> **Description of the task**
Gather all lines in the entries that include the word "fold".

> **Records provided**
===
ghost use Rattle.std.specs.Prelude.{◌∷◌, ◌++◌};
ghost use Rattle.c_tree.specs.View.{expr_of, specifier_of, specifiers_of, member_of, member_declarator_of, enumerator_of, declarator_of, bound_of, parameter_of, init_of, item_of, designator_of, exprs_of, members_of, member_declarators_of, enumerators_of, parameters_of, items_of, designators_of, maybe_of};
ghost use Rattle.c_tree.specs.Spelling.{with_commas, last_comma, in_parens, in_brackets, in_braces, spell_ellipsis, spell_qualifiers, spell_literals, spell_names, spell_assert, spell_expr, spell_exprs, spell_specifier, spell_specifiers, spell_member, spell_members, spell_member_declarator, spell_member_declarators, spell_enumerator, spell_enumerators, spell_value, spell_declarator, spell_bound, spell_parameter, spell_parameters, spell_init, spell_item, spell_items, spell_designator, spell_designation};
ghost use Rattle.c_speller.specs.Added.{Adds, flat_of};
ghost use Rattle.c_tree.specs.Spelling.{sign};
ghost use Rattle.cil_base.specs.declared.tokens.Punctuator.TheVariants.{Comma as CommaSign};

use crate::spelled::{
    Texts, TokenSink, put_assign, put_character, put_comma_if, put_ellipsis_if, put_integer,
    put_literal, put_name, put_sign, put_tag, put_word,
};
use crate::wording::{
    basic_word, binary_sign, function_word, logical_sign, qualifier_word, step_sign, storage_word,
    struct_word, tag_word, unary_sign,
};
use c_tree::{
    ArrayBound, Declarator, Designator, Enumerator, Expr, Init, InitItem, MemberDeclaration,
    MemberDeclarator, Parameter, Qualifier, Specifier, StaticAssert, TypeName,
};
use cil_base::{Bytes, Keyword, NameId, Punctuator};

/// Puts qualifiers.
#[tactic(auto, using(crate::proofs::AddedLemmas::added_start, crate::proofs::AddedLemmas::added_step, crate::proofs::AddedLists::qualifiers_end))]
pub fn put_qualifiers(from: &Texts, out: &mut TokenSink, xs: &[Qualifier])
    ensures { Adds from.now.names.now out.old out.new (spell_qualifiers xs.now) }
{
    for x in xs {
        put_word(from, out, qualifier_word(*x));
    }
}

/// Puts string literals.
#[tactic(auto, using(crate::proofs::AddedLemmas::added_start, crate::proofs::AddedLemmas::added_step, crate::proofs::AddedLists::literals_end))]
pub fn put_literals(from: &Texts, out: &mut TokenSink, xs: &[Bytes])
    ensures { Adds from.now.names.now out.old out.new (spell_literals xs.now) }
{
    for x in xs {
        put_literal(from, out, x);
    }
}

/// Puts identifiers with commas between them.
#[tactic(auto, using(crate::proofs::AddedLemmas::commas_start, crate::proofs::AddedLemmas::commas_step, crate::proofs::AddedLists::names_end))]
pub fn put_names(from: &Texts, out: &mut TokenSink, xs: &[NameId])
    ensures { Adds from.now.names.now out.old out.new (spell_names xs.now) }
{
    let mut is_more = false;
    for x in xs {
        put_comma_if(from, out, is_more);
        put_name(from, out, *x);
        is_more = true;
    }
}

/// Puts an identifier list (C11 6.7.6.3).
#[tactic(auto, using(crate::proofs::AddedLemmas::adds_more, crate::proofs::AddedLemmas::adds_next))]
pub fn put_identifiers(from: &Texts, out: &mut TokenSink, xs: &[NameId])
    ensures { Adds from.now.names.now out.old out.new (in_parens (spell_names xs.now)) }
{
    put_sign(from, out, Punctuator::LeftParen);
    put_names(from, out, xs);
    put_sign(from, out, Punctuator::RightParen);
}
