//! The key of an entry.
ghost use Rattle.std.specs.Prelude.{◌≡◌, IfOk, fold};
ghost use Rattle.std.specs.List.{flat_map};
ghost use Rattle.std.proofs.Common.{ap};
ghost use Rattle.std.specs.Cmp.{decided, partial_equiv_from_equiv};
ghost use Rattle.std.specs.Hash as fed;
ghost use Rattle.cost_cache.specs.Keys.{key_of, same_key, addr_writes, target_writes, key_writes};
ghost use Rattle.cost_cache.specs.SameKeys.{same_key-Decides};

use crate::compare::{equal_downs, equal_queries, equal_targets};
use border_costs::{Ask, Down, Target};
use dom_base::{Addr, As, List, NoMemory, Query};
use std::alloc::Global;
use std::hash::{Hash, Hasher};

/// What the labels of an ask depend on: the element, the generation of its topology, the query, the
/// target, and what the next domain told. They do not depend on the entries of an ask, its source and
/// its number.
#[derive(Drop)]
pub struct Key {
    pub at: As,
    pub generation: u64,
    pub query: Query,
    pub target: Target,
    pub down: List<Down>,
}

impl Key {
    /// The key of an ask, in memory of its own.
    pub fn of(alloc: Global, ask: &Ask) -> Result<Key, NoMemory>
        ensures { IfOk result (λ key. key ≡ key_of ask.now) }
    {
        Ok(Key {
            at: ask.at,
            generation: ask.generation,
            query: ask.query.copy(alloc)?,
            target: ask.target,
            down: ask.down.copy(alloc)?,
        })
    }
}

// The comparison and the hash are written out, so that what they compute is what contracts speak of.

impl PartialEq for Key {
    ghost eq = { same_key };

    ghost laws = { partial_equiv_from_equiv (decided same_key same_key-Decides) };

    fn eq(&self, other: &Key) -> bool {
        self.at == other.at
            && self.generation == other.generation
            && equal_queries(&self.query, &other.query)
            && equal_targets(self.target, other.target)
            && equal_downs(self.down.as_slice(), other.down.as_slice())
    }
}

impl Eq for Key {
    ghost laws = { decided same_key same_key-Decides };
}

fn hash_addr<H: Hasher>(addr: Addr, state: &mut H)
    ensures { state.new ≡ fold H.write state.old (addr_writes addr) }
{
    match addr {
        Addr::V4(number) => state.write_u32(number),
        Addr::V6(number) => state.write_u128(number),
    }
}

fn hash_target<H: Hasher>(target: Target, state: &mut H)
    ensures { state.new ≡ fold H.write state.old (target_writes target) }
{
    match target {
        Target::Node(node) => hash_addr(node, state),
        Target::Next(next) => state.write_u16(next.0),
    }
}

fn hash_costs<H: Hasher>(down: &[Down], state: &mut H)
    ensures { state.new ≡ fold H.write state.old (flat_map (λ d. fed.u32 d.cost) down.now) }
{
    for row in down {
        state.write_u32(row.cost.get());
    }
}

impl Hash for Key {
    ghost hash_input = { key_writes };

    ghost respects_eq = { λ x y one. ap key_writes ((same_key-Decides x y).0 one) };

    // The exclusions and the nodes beyond are compared and not hashed.
    fn hash<H: Hasher>(&self, state: &mut H) {
        state.write_u16(self.at.0);
        state.write_u64(self.generation);
        hash_target(self.target, state);
        hash_costs(self.down.as_slice(), state);
    }
}
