//! The rows of an ask: what the cache keeps of it, and the answer from what is kept.
ghost use Rattle.std.specs.Prelude.{◌≡◌, IfOk};
ghost use Rattle.te_links.specs.Rows.{IsTopology};
ghost use Rattle.border_costs.specs.Solutions.{AreRows};
ghost use Rattle.cost_cache.specs.Entries.{IsKept};
ghost use Rattle.cost_cache.specs.Keys.{key_of};

use crate::best::best_rows;
use crate::kept::Kept;
use crate::nexts::nexts_of;
use border_costs::{Answer, Ask, is_node, knows_target, seeds_of};
use dom_base::{List, NoMemory};
use path_search::search;
use std::alloc::Global;
use te_links::Links;

/// What is kept of an ask: one search from all its seeds, and the next link of each node.
pub(crate) fn keep<'a, G: Links<'a>>(
    alloc: Global,
    ask: &Ask,
    links: &mut G,
) -> Result<Kept, NoMemory>
    ensures kept { IfOk result (IsKept (G.rows links.old) (key_of ask.now)) }
    ensures same { G.rows links.new ≡ G.rows links.old }
{
    let seeds = seeds_of(alloc, ask, links)?;
    let labels = search(alloc, links, &ask.query, &seeds)?;
    let nexts = nexts_of(alloc, links, &ask.query, &seeds, &labels)?;
    Ok(Kept {
        labels,
        nexts: List::from_vec(nexts),
    })
}

// The rules of a topology, which the contract of each count of its rows states.
fn obeys_rules<'a, G: Links<'a>>(links: &G)
    ensures { IsTopology (G.rows links.now) }
{
    let _nodes = links.node_count();
}

/// The rows of an ask, from what is kept under its key. No link is read.
pub(crate) fn answer<'a, G: Links<'a>>(
    alloc: Global,
    ask: &Ask,
    links: &G,
    kept: &Kept,
) -> Result<Answer, NoMemory>
    requires { IsKept (G.rows links.now) (key_of ask.now) kept.now }
    ensures { IfOk result (AreRows (G.rows links.now) ask.now) }
{
    obeys_rules(links);
    let best = best_rows(alloc, ask, links, kept)?;
    Ok(Answer {
        best: List::from_vec(best),
        source_known: is_node(links, ask.source),
        target_known: knows_target(links, ask.target),
    })
}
===
> **Result for this exercise**
ghost use Rattle.std.specs.Prelude.{◌≡◌, IfOk, fold};
    ensures { state.new ≡ fold H.write state.old (addr_writes addr) }
    ensures { state.new ≡ fold H.write state.old (target_writes target) }
    ensures { state.new ≡ fold H.write state.old (flat_map (λ d. fed.u32 d.cost) down.now) }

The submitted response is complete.